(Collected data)
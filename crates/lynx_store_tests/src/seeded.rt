//! The payer's store after the worked payment, on disks that stop.
use crate::disks::{Disks, blank_disks, disks_of, open};
use crate::torn::holding;
use lynx_entry::Answer;
use lynx_fixtures::made::request;
use lynx_fixtures::payments::{PAY, SEED};
use lynx_fixtures::texts::{PAYMENT, set_of};
use lynx_keep::Keeper;
use lynx_names::{Memory, ServerId, Stamp};
use lynx_server::Server;
use sqlite::Files;
use std::alloc::Global;

/// Begins the seed and the payment.
fn begin_both<K: Keeper>(alloc: Global, server: &mut Server<K>) -> Result<(), Memory> {
    for asked in [SEED, PAY] {
        match server.begin(alloc, request(alloc, asked)?, Stamp::zero()) {
            Answer::Begun { .. } => {}
            _ => return Err(Memory),
        }
    }
    Ok(())
}

/// The keeper of the payer after both began.
fn paid_over<K: Keeper + Drop>(alloc: Global, keeper: K) -> Result<K, Memory> {
    let set = set_of(alloc, PAYMENT)?;
    let Ok(mut server) = Server::open(alloc, &set, ServerId::first(), keeper) else {
        return Err(Memory);
    };
    begin_both(alloc, &mut server)?;
    Ok(server.into_keeper())
}

/// The files of the payer's store, whose log passes so many calls on, and whose database so many.
pub fn paid_disks(alloc: Global, log: u64, db: u64) -> Result<Disks, Memory> {
    let set = set_of(alloc, PAYMENT)?;
    let lasting = blank_disks(alloc, u64::MAX, u64::MAX);
    let Ok(keeper) = open(alloc, lasting, &set, ServerId::first()) else {
        return Err(Memory);
    };
    let made = disks_of(paid_over(alloc, keeper)?);
    Ok(Files {
        log: holding(alloc, made.log.inner().bytes(), log)?,
        db: holding(alloc, made.db.inner().bytes(), db)?,
    })
}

EXERCISE DETAILS:
When the word "Result" occurs in a line above, list that line.

OUTPUT:
fn begin_both<K: Keeper>(alloc: Global, server: &mut Server<K>) -> Result<(), Memory> {
fn paid_over<K: Keeper + Drop>(alloc: Global, keeper: K) -> Result<K, Memory> {
pub fn paid_disks(alloc: Global, log: u64, db: u64) -> Result<Disks, Memory> {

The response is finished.